My elastic cluster contains indices with giant mapping files. This is due to the fact that some of my indices contain up to 60k different fields.
To elaborate a bit about my setup, each index contains information from a single source. Each source has several types of data (what I'll call layers) which are indexed as different types in the index corresponding to the source. Each layer has different attributes (20 in average). To avoid field name collision they are indexed as "LayerId_FieldId".
I'm trying to find a way to reduce the size of my mapping (as to my understanding, it might cause performance issues). One option is having one index per layer (and perhaps spreading large layers over several indices, each responsible for a different time segment). I have around 4000 different layers indexed right now, so lets say that in this method I will have 5000 different indices. Is elastic fine with that? What should I be worried about (if at all) with such a large number of indices, some of them very small (some of the layers have as few as 100 items)?
A second possible solution is the following. Instead of saving a layer's data in the way it is sent to me, for example:
"LayerX_name" : "John Doe",
"LayerX_age" : 34,
"LayerX_isAdult" : true,
it will be saved as :
"value1_string" : "John Doe",
"value2_number" : 34,
"value3_boolean" : true,
In the latter option, I will have to keep some metadata index which links the generic names to the real field names.
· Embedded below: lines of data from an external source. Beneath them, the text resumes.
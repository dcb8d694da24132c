// The line of a cell.
ghost use Rattle.std.specs.Prelude.{◌++◌, OnOk, OnErr};
ghost use Rattle.lucid_io.specs.Puts.{PutsPart, Leaves};
ghost use Rattle.lucid_log.specs.Cell.{line_of};

use crate::pieces::{Piece, hold_pieces};
use lucid_io::{Room, Sink, WriteFault};

// The line of a cell of the array of this name.
pub(crate) fn hold_line<'a, S: Sink, const N: usize>(
    sink: &mut S,
    room: &mut Room<N>,
    switch: u32,
    name: &'a [u8],
    cell: u64,
    value: u64,
) -> Result<(), WriteFault>
    ensures all { OnOk result (Leaves S.written S.faults sink.old sink.new (room.old ++ line_of switch name.now cell value) room.new) }
    ensures part { OnErr result (PutsPart S.written S.faults sink.old sink.new (room.old ++ line_of switch name.now cell value)) }
{
    hold_pieces(
        sink,
        room,
        &[
            Piece::Text(b"s"),
            Piece::Number(switch as u64),
            Piece::Text(b" "),
            Piece::Text(name),
            Piece::Text(b"["),
            Piece::Number(cell),
            Piece::Text(b"] = "),
            Piece::Number(value),
            Piece::Text(b"\n"),
        ],
    )
}
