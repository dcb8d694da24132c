// The texts of prints, with numbers in place of `%d`.
ghost use Rattle.std.specs.Prelude.{◌≡◌, ◌+◌, ◌<◌, ◌≤◌, ◌++◌, length, take, drop, codes, OnOk, OnErr};
ghost use Rattle.lucid_core.specs.Texts.{holes_of};
ghost use Rattle.lucid_io.specs.Puts.{PutsPart, Leaves};
ghost use Rattle.lucid_log.specs.Filled.{filled};

use crate::pieces::{Piece, hold_pieces};
use lucid_io::{Room, Sink, WriteFault, hold};

// Lets the text wait in the room, with its `%d` replaced by the numbers, from the left.
pub(crate) fn hold_filled<S: Sink, const N: usize>(
    sink: &mut S,
    room: &mut Room<N>,
    text: &[u8],
    numbers: &[u64],
) -> Result<(), WriteFault>
    requires { holes_of text.now ≡ length numbers.now }
    ensures all { OnOk result (Leaves S.written S.faults sink.old sink.new (room.old ++ filled text.now numbers.now) room.new) }
    ensures part { OnErr result (PutsPart S.written S.faults sink.old sink.new (room.old ++ filled text.now numbers.now)) }
{
    let mut rest = text;
    for number in numbers {
        let (before, after) = split_at_hole(rest);
        hold_pieces(sink, room, &[Piece::Text(before), Piece::Number(*number)])?;
        rest = after;
    }
    hold(sink, room, rest)
}

// Splits a text at its first `%d`.
fn split_at_hole(text: &[u8]) -> (&[u8], &[u8])
    requires { 0 < holes_of text.now }
    ensures none_before { holes_of result.0.now ≡ 0 }
    ensures parts { text.now ≡ result.0.now ++ codes "%d" ++ result.1.now }
{
    let at = first_hole(text);
    (&text[..at], &text[at + 2..])
}

// Where the first `%d` begins.
fn first_hole(text: &[u8]) -> usize
    requires { 0 < holes_of text.now }
    ensures within { result + 2 ≤ length text.now }
    ensures none_before { holes_of (take result text.now) ≡ 0 }
    ensures found { text.now ≡ take result text.now ++ codes "%d" ++ drop (result + 2) text.now }
{
    let mut at = 0;
    'search: while text[at] != b'%' || text[at + 1] != b'd' {
        at += 1;
    }
    at
}
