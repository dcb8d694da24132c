// The cells that aren't 0.
ghost use Rattle.std.specs.Prelude.{◌≡◌, ◌≤◌, ◌^◌, ◌++◌, ℕ, List, length, OnOk, OnErr};
ghost use Rattle.lucid_base.specs.Cells.{cell_at};
ghost use Rattle.lucid_io.specs.Puts.{PutsAll, PutsPart, Leaves};
ghost use Rattle.lucid_log.specs.Cells.{shown_line, lines_from, cells_text};

use crate::cell::hold_line;
use lucid_base::ArrayDef;
use lucid_core::Cells;
use lucid_io::{ROOM, Room, Sink, WriteFault, release};

/// The values of cells, by the number of their array and their own, as a core's cells or a pipeline's registers have them.
pub trait ArrayCells {
    /// The cells of each array.
    ghost held: { Self → List (List ℕ) };

    /// Returns a cell of an array. Cell `i` is `i` modulo the size; an array that does not exist or has no cells holds 0.
    fn value(&self, array: u32, cell: u64) -> u64
        ensures { result ≡ cell_at (held self.now) array cell };
}

impl ArrayCells for Cells {
    ghost held = { λ cells. cells };

    fn value(&self, array: u32, cell: u64) -> u64 {
        self.get(array, cell)
    }
}

/// Writes a line for each cell of these arrays on a switch that isn't 0, by array and cell (`cells_text`): all of the lines, or a proper prefix of
/// them where the sink's count of faults rose in this call. Many lines are one write. Takes no memory.
pub fn put_cells<S: Sink, C: ArrayCells>(
    sink: &mut S,
    switch: u32,
    arrays: &[ArrayDef],
    cells: &C,
) -> Result<(), WriteFault>
    requires { length arrays.now ≤ 2 ^ 32 }
    ensures all { OnOk result (PutsAll S.written S.faults sink.old sink.new (cells_text switch arrays.now (C.held cells.now))) }
    ensures part { OnErr result (PutsPart S.written S.faults sink.old sink.new (cells_text switch arrays.now (C.held cells.now))) }
{
    let mut room = Room::<ROOM>::new();
    hold_cells(sink, &mut room, switch, arrays, cells)?;
    release(sink, &mut room)
}

fn hold_cells<S: Sink, C: ArrayCells, const N: usize>(
    sink: &mut S,
    room: &mut Room<N>,
    switch: u32,
    arrays: &[ArrayDef],
    cells: &C,
) -> Result<(), WriteFault>
    requires { length arrays.now ≤ 2 ^ 32 }
    ensures all { OnOk result (Leaves S.written S.faults sink.old sink.new (room.old ++ cells_text switch arrays.now (C.held cells.now)) room.new) }
    ensures part { OnErr result (PutsPart S.written S.faults sink.old sink.new (room.old ++ cells_text switch arrays.now (C.held cells.now))) }
{
    for (number, array) in arrays.iter().enumerate() {
        let name = array.name.bytes();
        hold_array(sink, room, switch, cells, number as u32, name, array.size)?;
    }
    Ok(())
}

// The cells of one array, of this name and size.
fn hold_array<S: Sink, C: ArrayCells, const N: usize>(
    sink: &mut S,
    room: &mut Room<N>,
    switch: u32,
    cells: &C,
    array: u32,
    name: &[u8],
    size: u32,
) -> Result<(), WriteFault>
    ensures all { OnOk result (Leaves S.written S.faults sink.old sink.new (room.old ++ lines_from switch (C.held cells.now) array name.now 0 size) room.new) }
    ensures part { OnErr result (PutsPart S.written S.faults sink.old sink.new (room.old ++ lines_from switch (C.held cells.now) array name.now 0 size)) }
{
    for cell in 0..size {
        let value = cells.value(array, cell as u64);
        hold_shown(sink, room, switch, name, cell as u64, value)?;
    }
    Ok(())
}

// The line of one cell, unless it holds 0.
fn hold_shown<S: Sink, const N: usize>(
    sink: &mut S,
    room: &mut Room<N>,
    switch: u32,
    name: &[u8],
    cell: u64,
    value: u64,
) -> Result<(), WriteFault>
    ensures all { OnOk result (Leaves S.written S.faults sink.old sink.new (room.old ++ shown_line switch name.now cell value) room.new) }
    ensures part { OnErr result (PutsPart S.written S.faults sink.old sink.new (room.old ++ shown_line switch name.now cell value)) }
{
    if value == 0 {
        return Ok(());
    }
    hold_line(sink, room, switch, name, cell, value)
}
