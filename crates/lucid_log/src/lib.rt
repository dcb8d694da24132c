// The texts of a run: blocks, cells and endings. All of a text is written, or a proper prefix of it if the sink's count of faults rose in
// that call. Pieces are buffered, and each call flushes its own buffer. The texts are defined in specs/, beside their formats. Nothing here
// allocates.
// Used by many crates. Promises of the program rest on its definitions (docs/TRUSTED.md). It changes only to correct a fault: README.md,
// *Frozen*.
#![tactic(auto)]

mod block;
mod cell;
mod cells;
mod ending;
mod filled;
mod pieces;

pub use block::put_block;
pub use cells::{ArrayCells, put_cells};
pub use ending::put_ending;
pub use pieces::{Piece, put_numbered, put_pieces};
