//! The rows of failures that cut somebody off.

ghost use Rattle.std.specs.Prelude.{◌≡◌, ◌++◌, ◌<◌, [], length, unwrap_or, IfOk, OnOk};
ghost use Rattle.std.specs.List.{All};
ghost use Rattle.protection.specs.Gaps.{IsNamed, IsGapIn};
ghost use Rattle.plan_texts.specs.Gaps.{failure_word, failure_name, cut_text, gap_row, gaps_text};

use protection::{Failure, Gap};
use std::alloc::Global;
use sync_text::{NoMemory, Text};
use sync_topo::Plan;

/// The word for what fails.
fn failure_word(failure: &Failure) -> &'static [u8]
    ensures { result.now ≡ failure_word failure.now }
{
    match failure {
        Failure::Nothing => b"none",
        Failure::Link(_) => b"link",
        Failure::Bundle(_) => b"bundle",
        Failure::Source(_) => b"source",
        Failure::Element(_) => b"element",
        Failure::Group(_) => b"group",
    }
}

/// Puts the name of a bundle, if there is one.
fn put_bundle(text: &mut Text, bundle: &Option<Text>) -> Result<(), NoMemory>
    ensures { OnOk result (text.new ≡ text.old ++ unwrap_or bundle.now []) }
{
    match bundle {
        Some(name) => text.put(name.bytes()),
        None => text.put(b""),
    }
}

/// Puts the name of what fails.
fn put_failure(text: &mut Text, plan: &Plan, failure: &Failure) -> Result<(), NoMemory>
    requires { IsNamed plan.now failure.now }
    ensures { OnOk result (text.new ≡ text.old ++ failure_name plan.now failure.now) }
{
    match failure {
        Failure::Nothing => text.put(b""),
        Failure::Link(link) => text.put(plan.link(*link).name.bytes()),
        Failure::Bundle(link) => put_bundle(text, &plan.link(*link).bundle),
        Failure::Source(source) => text.put(plan.source(*source).name.bytes()),
        Failure::Element(element) => text.put(plan.element(*element).name.bytes()),
        Failure::Group(group) => text.put(group.name.bytes()),
    }
}

/// Puts whom a failure cuts off.
fn put_cut(text: &mut Text, plan: &Plan, gap: &Gap) -> Result<(), NoMemory>
    requires { gap.now.first < length plan.now.elements }
    ensures { OnOk result (text.new ≡ text.old ++ cut_text plan.now gap.now) }
{
    text.put(b",")?;
    text.put_number(u64::from(gap.elements))?;
    text.put(b",")?;
    text.put(plan.element(gap.first).name.bytes())?;
    text.put(b"\n")
}

/// Puts the row of a failure.
fn put_gap(text: &mut Text, plan: &Plan, gap: &Gap) -> Result<(), NoMemory>
    requires { IsGapIn plan.now gap.now }
    ensures { OnOk result (text.new ≡ text.old ++ gap_row plan.now gap.now) }
{
    text.put(failure_word(&gap.failure))?;
    text.put(b",")?;
    put_failure(text, plan, &gap.failure)?;
    put_cut(text, plan, gap)
}

/// The rows of the failures of a plan that cut somebody off: what fails, its name, how many elements it
/// cuts off, and the first of them.
///
/// The first row is `kind,failure,elements,first`. This project's own.
pub fn gaps_text(alloc: Global, plan: &Plan, gaps: &[Gap]) -> Result<Text, NoMemory>
    requires { All (IsGapIn plan.now) gaps.now }
    ensures { IfOk result (λ text. text ≡ gaps_text plan.now gaps.now) }
{
    let mut text = Text::new(alloc);
    text.put(b"kind,failure,elements,first\n")?;
    for gap in gaps {
        put_gap(&mut text, plan, gap)?;
    }
    Ok(text)
}
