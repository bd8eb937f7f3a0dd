//! Whence each element has its timing, which loops stand, and whether the network is settled.

ghost use Rattle.std.specs.Prelude.{◌≡◌, ◌<◌, ◌++◌, ℕ, false, List, length, map, OnOk, OnErr};
ghost use Rattle.std.specs.List.{All};
ghost use Rattle.sync_topo.specs.declared.event.Event.{Event};
ghost use Rattle.sync_net.specs.Standing.{StandsFor};
ghost use Rattle.settle_trace.specs.Now.{now_of};
ghost use Rattle.sync_topo.specs.Lines.{numbers};
ghost use Rattle.closed_walks.specs.Within.{IsEndOf, AreLinesOf};
ghost use Rattle.trace_report.specs.LastParts.{AreLastParts, end_name, end_word, loops_part, settled_part, trace_row, traces_part};

use closed_walks::put_walks;
use settle_trace::{End, Ending, Walk, loops, settled, traces};
use std::alloc::Global;
use sync_net::Net;
use sync_text::{NoMemory, Text};
use sync_topo::Plan;

/// Puts the last parts, as they are in the millisecond of the last step.
pub(crate) fn put_last_parts(alloc: Global, text: &mut Text, net: &Net<'_>) -> Result<(), NoMemory>
    requires live { net.now.spent ≡ false }
    requires stepped { 0 < net.now.next }
    ensures put { OnOk result ((all : List Event) → StandsFor net.now all net.now.next →
        (last : List ℕ) × AreLastParts net.now.plan all (now_of net.now) last
        × (text.new ≡ text.old ++ last)) }
{
    let endings = traces(alloc, net)?;
    let walks = loops(alloc, net)?;
    put_traces(text, net.plan(), endings.as_slice())?;
    put_loops(alloc, text, net.plan(), walks.as_slice())?;
    put_settled(text, settled(net))?;
    Ok(())
}

/// Puts how the traces of all elements end.
fn put_traces(text: &mut Text, plan: &Plan, endings: &[Ending]) -> Result<(), NoMemory>
    requires count { length endings.now ≡ length plan.now.elements }
    requires of_plan { All (IsEndOf plan.now) endings.now }
    ensures put { OnOk result (text.new ≡ text.old ++ traces_part plan.now endings.now) }
{
    text.put(b"traces\n")?;
    for element in 0..plan.elements() {
        put_trace(text, plan, element, endings[element as usize])?;
    }
    Ok(())
}

/// Puts how the trace of one element ends.
fn put_trace(text: &mut Text, plan: &Plan, element: u32, ending: Ending) -> Result<(), NoMemory>
    requires within { element < length plan.now.elements }
    requires of_plan { IsEndOf plan.now ending }
    ensures put { OnOk result (text.new ≡ text.old ++ trace_row plan.now element ending) }
{
    text.put(plan.element(element).name.bytes())?;
    text.put(b",")?;
    text.put_number(u64::from(ending.lines))?;
    text.put(b",")?;
    text.put(end_word(ending.end))?;
    text.put(b",")?;
    text.put(end_name(plan, ending))?;
    text.put(b"\n")
}

/// The kind of an end, in a word.
fn end_word(end: End) -> &'static [u8]
    ensures { result.now ≡ end_word end }
{
    match end {
        End::Source(_) => b"source",
        End::OwnClock(_) => b"own",
        End::Loop(_) => b"loop",
    }
}

/// The name of the source or element at which a trace ends.
fn end_name(plan: &Plan, ending: Ending) -> &[u8]
    requires of_plan { IsEndOf plan.now ending }
    ensures { result.now ≡ end_name plan.now ending.end }
{
    match ending.end {
        End::Source(source) => plan.source(source).name.bytes(),
        End::OwnClock(element) | End::Loop(element) => plan.element(element).name.bytes(),
    }
}

/// Puts all closed walks.
fn put_loops(alloc: Global, text: &mut Text, plan: &Plan, walks: &[Walk]) -> Result<(), NoMemory>
    requires of_plan { All (AreLinesOf plan.now) walks.now }
    ensures put { OnOk result (text.new ≡ text.old ++ loops_part plan.now (map numbers walks.now)) }
{
    text.put(b"loops\n")?;
    put_walks(alloc, text, plan, walks)
}

/// Puts the line on whether a network is settled.
///
/// `NoMemory` comes only when out of memory, and leaves the text as it was. This project's own.
pub fn put_settled(text: &mut Text, settled: bool) -> Result<(), NoMemory>
    ensures put { OnOk result (text.new ≡ text.old ++ settled_part settled) }
    ensures unchanged { OnErr result (text.new ≡ text.old) }
{
    if settled {
        text.put(b"settled yes\n")
    } else {
        text.put(b"settled no\n")
    }
}
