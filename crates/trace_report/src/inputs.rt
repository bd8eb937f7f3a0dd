//! The conditions of all inputs, each a row.

ghost use Rattle.std.specs.Prelude.{◌≡◌, ◌≤◌, ◌<◌, ◌+◌, ◌++◌, ℕ, false, List, length, OnOk};
ghost use Rattle.sync_topo.specs.declared.event.Event.{Event};
ghost use Rattle.sync_topo.specs.Lines.{IsInput};
ghost use Rattle.net_rules.specs.Signals.{signals_by};
ghost use Rattle.net_rules.specs.History.{settings_of, out_at};
ghost use Rattle.sync_net.specs.Standing.{ElementStands, StandsFor};
ghost use Rattle.trace_report.specs.Words.{condition_text};
ghost use Rattle.trace_report.specs.Report.{element_rows, inputs_part, conditions_at};

use crate::conditions::{later, passed_until};
use crate::words::{condition_word, left_of};
use std::alloc::Global;
use sync_element::Element;
use sync_net::Net;
use sync_ql::rules::Cond;
use sync_text::{NoMemory, Text};
use sync_topo::{InputId, Plan};

/// Puts the inputs of all elements, as they are in the millisecond of the last step.
pub(crate) fn put_inputs(
    alloc: Global,
    text: &mut Text,
    net: &Net<'_>,
    until: u64,
) -> Result<(), NoMemory>
    requires live { net.now.spent ≡ false }
    ensures put { OnOk result ((all : List Event) → StandsFor net.now all (until + 1) →
        text.new ≡ text.old ++ inputs_part net.now.plan (conditions_at net.now.plan all until)) }
{
    text.put(b"inputs\n")?;
    let plan = net.plan();
    for element in 0..plan.elements() {
        put_element(alloc, text, plan, element, net.element(element), until)?;
    }
    Ok(())
}

/// Puts the inputs of an element.
fn put_element(
    alloc: Global,
    text: &mut Text,
    plan: &Plan,
    number: u32,
    element: &Element,
    until: u64,
) -> Result<(), NoMemory>
    requires within { number < length plan.now.elements }
    requires settings { element.now.settings ≡ settings_of plan.now number }
    ensures put { OnOk result ((all : List Event) →
        ElementStands plan.now (signals_by plan.now all) (out_at plan.now (signals_by plan.now all)) number (until + 1) element.now →
        text.new ≡ text.old ++ element_rows plan.now (conditions_at plan.now all until) number) }
{
    let inputs = plan.inputs(number);
    let passed = passed_until(element, inputs.len() as u32, until);
    for (place, input) in inputs.iter().enumerate() {
        let condition = later(element.cond(place as u32), passed);
        put_condition(alloc, text, plan, number, *input, condition)?;
        text.put(b"\n")?;
    }
    Ok(())
}

/// Puts an input of an element in a condition: the names of both, the condition as a word, and how
/// many milliseconds are left of it, 0 where it doesn't end by itself.
///
/// `NoMemory` comes only when out of memory; a part may then stand at the end, so the text isn't
/// used again. This project's own.
pub fn put_condition(
    alloc: Global,
    text: &mut Text,
    plan: &Plan,
    element: u32,
    input: InputId,
    condition: Cond,
) -> Result<(), NoMemory>
    requires within { element < length plan.now.elements }
    requires input { IsInput plan.now input }
    ensures put { OnOk result (text.new ≡ text.old ++ condition_text plan.now element input condition) }
{
    text.put(plan.element(element).name.bytes())?;
    text.put(b",")?;
    plan.put_input_name(alloc, text, input)?;
    text.put(b",")?;
    text.put(condition_word(condition))?;
    text.put(b",")?;
    text.put_number(left_of(condition))
}
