//! What follows from the definition of a report alone.
//!
//! Each function does nothing: its contract is the law. This project's own.

ghost use Rattle.std.specs.Prelude.{◌≡◌, ℕ, List};
ghost use Rattle.sync_topo.specs.declared.event.Event.{Event};
ghost use Rattle.sync_topo.specs.Topology.{Topology};
ghost use Rattle.trace_report.specs.Report.{IsWholeReport};

use net_rules::trace_law;

/// The law of the one report: of a plan, its events and a last millisecond there is one whole report.
pub fn one_report_law()
    ensures one { (plan : Topology) (events : List Event) (until : ℕ) (text another : List ℕ) →
        IsWholeReport plan events until text → IsWholeReport plan events until another →
        text ≡ another }
{
    trace_law();
}
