//! In which condition the inputs of an element are in a millisecond after its last step.

ghost use Rattle.std.specs.Prelude.{◌≡◌, ◌≤◌, ◌<◌, ◌+◌, ◌-◌, ℕ, List, length, IfSome, IsNone};
ghost use Rattle.sync_ql.specs.Condition.{condition_at};
ghost use Rattle.sync_ql.specs.Moment.{Moment, signals_of};
ghost use Rattle.sync_element.specs.Due.{left_of, IsLeastLeft, NoneEnds};
ghost use Rattle.sync_element.specs.ElementState.{inputs_of, IsInTime};
ghost use Rattle.sync_element.specs.StandsFor.{StandsFor};
ghost use Rattle.input_monitor.specs.Ending.{later_by};
ghost use Rattle.trace_report.specs.private.Least.{lesser};

use sync_element::Element;
use sync_ql::rules::Cond;

/// What is left of a condition that ends.
fn left_in(condition: Cond) -> Option<u32>
    ensures { result ≡ left_of condition }
{
    match condition {
        Cond::HoldOff(left) | Cond::Restoring(left) => Some(left),
        Cond::Good | Cond::Failed => None,
    }
}

/// The lesser of two numbers, where there is one.
fn lesser(one: Option<u32>, other: Option<u32>) -> Option<u32>
    ensures { result ≡ lesser one other }
{
    match (one, other) {
        (Some(left), Some(right)) => Some(left.min(right)),
        (Some(left), None) => Some(left),
        (None, right) => right,
    }
}

/// The least that was left at the last step of a condition of the element's inputs.
fn least_left(element: &Element, inputs: u32) -> Option<u32>
    requires inputs { inputs ≡ inputs_of element.now }
    ensures none { (past : List Moment) → StandsFor element.now past → IsNone result →
        NoneEnds element.now.settings past }
    ensures least { (past : List Moment) → StandsFor element.now past →
        IfSome result (IsLeastLeft element.now.settings past) }
{
    let mut least = None;
    for place in 0..inputs {
        least = lesser(least, left_in(element.cond(place)));
    }
    least
}

/// How many milliseconds a condition that ends has been running on since the last step of an element
/// with so many inputs, up to a millisecond and with it; where none ends, no condition tells.
///
/// After G.781, hold-off and wait-to-restore; the exact millisecond is this project's own.
pub fn passed_until(element: &Element, inputs: u32, until: u64) -> u64
    requires inputs { inputs ≡ inputs_of element.now }
    ensures passed { (past : List Moment) (i : ℕ) → StandsFor element.now past →
        element.now.next ≡ length past → IsInTime element.now (until + 1) → i < inputs →
        later_by result (condition_at element.now.settings.timers (signals_of i past))
        ≡ later_by (until + 1 - element.now.next)
        (condition_at element.now.settings.timers (signals_of i past)) }
{
    match (element.due(), least_left(element, inputs)) {
        (Some(due), Some(left)) => until.saturating_add(u64::from(left)).saturating_sub(due),
        _ => 0,
    }
}

/// A condition that has been running on for some milliseconds: that much less is left of its time.
///
/// After G.781, hold-off and wait-to-restore.
pub fn later(condition: Cond, passed: u64) -> Cond
    ensures { result ≡ later_by passed condition }
{
    match condition {
        Cond::HoldOff(left) => Cond::HoldOff(less(left, passed)),
        Cond::Restoring(left) => Cond::Restoring(less(left, passed)),
        Cond::Good | Cond::Failed => condition,
    }
}

/// What is left of a time.
fn less(left: u32, passed: u64) -> u32
    ensures { result ≡ left - passed }
{
    u64::from(left).saturating_sub(passed) as u32
}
In the above example, I need to know that for layer X the field "value1_string" corresponds to "name". Thus, whenever I receive a new document to index, I have to query the metadata in order to know how to map the given fields into my generic names. This allows me to have a constant size mapping (say, 50 fields for each value type, so several hundred fields overall). However, this introduces some overhead, but most importantly I'm feeling that this basically reduces my database to a relational one, and I lose the ability to handle documents of arbitrary structure.
Some technical details about my cluster:
Elasticsearch version 2.3.5
22 nodes, 3 of them are masters, each node contains 16 Gb of ram, 2 Tb disc storage. In total I currently have 6 Tb of data spread over 1.2 billion docs, 55 indices, and 1500 shards.
I'd appreciate your input on the two solutions I suggested, or any other alternatives you have in mind!